FFRF to Minnesota Senate: Drop prayer

The Madison, Wis.-based state/church watchdog, Freedom From Religion Foundation, on behalf of its 16,200 members, including 400 in Minnesota, added its objection to the controversial prayers now opening the Minnesota State Senate.

State Sen. Terri Bonoff last week asked the Senate to adopt and enforce rules that prayers be nonsectarian in nature, following the over-the-top prayer to Jesus on March 14, 2011 by Pastor Dennis Campbell, of Granite City Baptist Church in St. Cloud. FFRF transcribed Rev. Campbell’s prayer as well as other recent formal prayers. Listen to Campbell’s prayer. Read the prayer transcription.

FFRF has gone further, in a March 22 letter to Senate President Michelle Fischbach, by asking the Senate to discontinue prayer altogether.

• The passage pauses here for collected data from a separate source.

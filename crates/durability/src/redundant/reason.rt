//! Why a clean or a fence is needless.

use std::fmt;

/// Why a clean or a fence is needless: the first of these that holds.
#[derive(Clone, Copy, Debug, PartialEq, Eq)]
pub enum Reason {
    /// A clean whose hart makes no fence after it. That is what a missing fence looks like.
    NotFenced,
    /// A fence at which no floor rises.
    NothingToComplete,
    /// A clean with another one of the line by its hart before that hart's next fence.
    CleanedAgain,
    /// A clean whose hart's next fence finds the line's floor already at the clean's number of stores, or above.
    AlreadyThere,
}

/// A needless clean or fence of a run: its number among the events, from 1, and why it is needless.
#[derive(Clone, Copy, Debug, PartialEq, Eq)]
pub struct Needless {
    pub event: u32,
    pub reason: Reason,
}

/// The reason in a few words, in lower case.
impl fmt::Display for Reason {
    ghost use Rattle.std.specs.Prelude.{Some};
    ghost use Rattle.durability.specs.Words.{words_of};

    ghost output = { λ reason. Some (words_of reason) };

    fn fmt<W: fmt::Write>(&self, f: &mut fmt::Formatter<W>) -> fmt::Result {
        match self {
            Reason::NotFenced => write!(f, "not fenced"),
            Reason::NothingToComplete => write!(f, "nothing to complete"),
            Reason::CleanedAgain => write!(f, "cleaned again"),
            Reason::AlreadyThere => write!(f, "already there"),
        }
    }
}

“The content of Campbell’s prayer shows why it is so inappropriate and politically divisive for legislators — who have taken an oath of office to uphold our secular constitution — to open public meetings with prayer,” noted FFRF Co-President Annie Laurie Gaylor.

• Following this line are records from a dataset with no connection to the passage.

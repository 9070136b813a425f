//! What is known of the lines and the harts of a run while its events are read, the oldest first. Each fence looks back at the events
//! since its hart's last fence, so that each event is looked at once more for each hart at most.

ghost use Rattle.durability.specs.Completing.{AreCompleted};
ghost use Rattle.durability.specs.Reading.{AreLastFences, AreLines, AreTold, IsLastFence, IsTold, IsToldAt};
ghost use Rattle.std.specs.Prelude.{◌≡◌, ℕ, ◌+◌, ◌<◌, ◌≤◌, Some, length, All, IfNone, IfSome, slice_get};
ghost use Rattle.store_trace.specs.TraceView.{IsEvent, NamesLine};

use crate::redundant::reason::Reason;
use store_trace::{Event, MAX_HARTS};

/// A hart's last clean of a line: the number of the event, 0 where there is none, and how many stores the line had then.
#[derive(Clone, Copy)]
pub struct LastClean {
    event: u32,
    stores: u32,
}

/// What is known of a line: how many stores it has, its floor, and the last clean of it by each hart.
#[derive(Clone, Copy)]
pub struct LineState {
    stores: u32,
    floor: u32,
    cleans: [LastClean; MAX_HARTS],
}

impl LineState {
    /// A line before the first event.
    pub const START: LineState = LineState {
        stores: 0,
        floor: 0,
        cleans: [LastClean {
            event: 0,
            stores: 0,
        }; MAX_HARTS],
    };
}

/// Goes one event on, and answers why the event at place `at` is needless, if it is, as far as the run is read. `fences` holds the
/// number of each hart's last fence, 0 where there is none.
pub fn read(
    events: &[Event],
    at: usize,
    fences: &mut [u32; MAX_HARTS],
    lines: &mut [LineState],
    told: &mut [Option<Reason>],
) -> Option<Reason>
    requires there { at < length events.now }
    requires each { All IsEvent events.now }
    requires named { All (NamesLine (length lines.old)) events.now }
    requires limit { length events.now ≤ 65536 }
    requires size { length told.old ≡ length events.now }
    requires fences { AreLastFences events.now at fences.old }
    requires lines { AreLines events.now at lines.old }
    requires told { AreTold events.now at at told.old }
    ensures fences { AreLastFences events.now (at + 1) fences.new }
    ensures lines { AreLines events.now (at + 1) lines.new }
    ensures told { AreTold events.now (at + 1) at told.new }
    ensures this { IsToldAt events.now (at + 1) at result }
{
    match events[at] {
        Event::Store { line, .. } => {
            lines[line as usize].stores += 1;
            None
        }
        Event::Clean { hart, line } => {
            let state = &mut lines[line as usize];
            state.cleans[hart as usize] = LastClean {
                event: at as u32 + 1,
                stores: state.stores,
            };
            Some(Reason::NotFenced)
        }
        Event::Fence { hart } => {
            let since = fences[hart as usize] as usize;
            fences[hart as usize] = at as u32 + 1;
            complete(events, since, at, hart, lines, told)
        }
        Event::Begin { .. } | Event::End { .. } => None,
    }
}

/// Completes the cleans of the hart since its last fence, and answers why its fence at place `at` is needless, if it is.
fn complete(
    events: &[Event],
    since: usize,
    at: usize,
    hart: u32,
    lines: &mut [LineState],
    told: &mut [Option<Reason>],
) -> Option<Reason>
    requires there { at < length events.now }
    requires fence { slice_get events.now at ≡ Some (Event.Fence hart) }
    requires hart { hart < 8 }
    requires named { All (NamesLine (length lines.old)) events.now }
    requires limit { length events.now ≤ 65536 }
    requires size { length told.old ≡ length events.now }
    requires since { IsLastFence events.now at hart since }
    requires lines { AreLines events.now at lines.old }
    requires told { AreTold events.now at at told.old }
    ensures lines { AreLines events.now (at + 1) lines.new }
    ensures told { AreTold events.now (at + 1) at told.new }
    ensures fence { IsTold events.now (at + 1) at (Event.Fence hart) result }
{
    let mut rises = false;
    for place in since..at {
        rises = complete_at(events, place, hart, lines, told, rises);
    }
    if rises {
        None
    } else {
        Some(Reason::NothingToComplete)
    }
}

/// Completes the event at this place, where it is a clean by the hart. `rises` says whether a floor rises by then.
fn complete_at(
    events: &[Event],
    place: usize,
    hart: u32,
    lines: &mut [LineState],
    told: &mut [Option<Reason>],
    rises: bool,
) -> bool
    requires there { place < length events.now }
    requires hart { hart < 8 }
    requires named { All (NamesLine (length lines.old)) events.now }
    requires limit { length events.now ≤ 65536 }
    requires size { length told.old ≡ length events.now }
    ensures { (at : ℕ) → place < at → AreCompleted events.now at hart place lines.old told.old rises →
        AreCompleted events.now at hart (place + 1) lines.new told.new result }
{
    let Some(line) = cleaned_by(events[place], hart) else {
        return rises;
    };
    let last = lines[line as usize].cleans[hart as usize];
    if last.event != place as u32 + 1 {
        told[place] = Some(Reason::CleanedAgain);
        return rises;
    }
    if last.stores <= lines[line as usize].floor {
        told[place] = Some(Reason::AlreadyThere);
        return rises;
    }
    lines[line as usize].floor = last.stores;
    told[place] = None;
    true
}

/// The line of the event, if it is a clean by the hart.
fn cleaned_by(event: Event, hart: u32) -> Option<u32>
    ensures some { IfSome result (λ line. event ≡ Event.Clean hart line) }
    ensures none { IfNone result ((line : ℕ) → ¬ event ≡ Event.Clean hart line) }
{
    match event {
        Event::Clean { hart: by, line } if by == hart => Some(line),
        _ => None,
    }
}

“It is an affront for the Minnesota Senate to regularly schedule mostly Christian clergy to open sessions, and for those clergy to dictate to Minnesota citizens and Senators that ‘Jesus is the way.’ ” The Foundation found that of 32 prayers FFRF was able to find online, since May 2010, 27 Senate prayers were by invited Christian clergy. Four prayers were offered by senators and the only nonChristian clergy invited was one rabbi.

“It is also an affront to reason as well as the required separation between government and religion for the Senate to invite purveyors of dogma to invoke ‘divine guidance’ and talk about ‘sin.' In the 21st century, it is time for reason to prevail.”

FFRF attorney Rebecca Markert, in her letter to the Senate, called “prayer at government meetings unnecessary, inappropriate, and divisive,” “coercive, embarrassing and beyond the scope of secular state government.” Her letter goes into the thorny legal history over legislative prayer, and documents that the Supreme Court frowns on sectarian prayer “which serves to affiliate the government with a particular sect or creed and/or advance a particular faith or belief.” Markert added a primer on the secular foundations of the United States, whose godless constitution was adopted without prayer at the constitutional convention.

In case civil law isn’t persuasive enough, Markert noted that such prayers “not only conflict with the Constitution, but also with biblical teachings. Christians who know their bible are familiar with the biblical injunction of Jesus in the Sermon on the Mount, condemning as hypocrisy public prayer. ‘Enter into thy closet and when though hast shut the door, pray to thy Father which is in secret’ (Matthew 6:5-13)."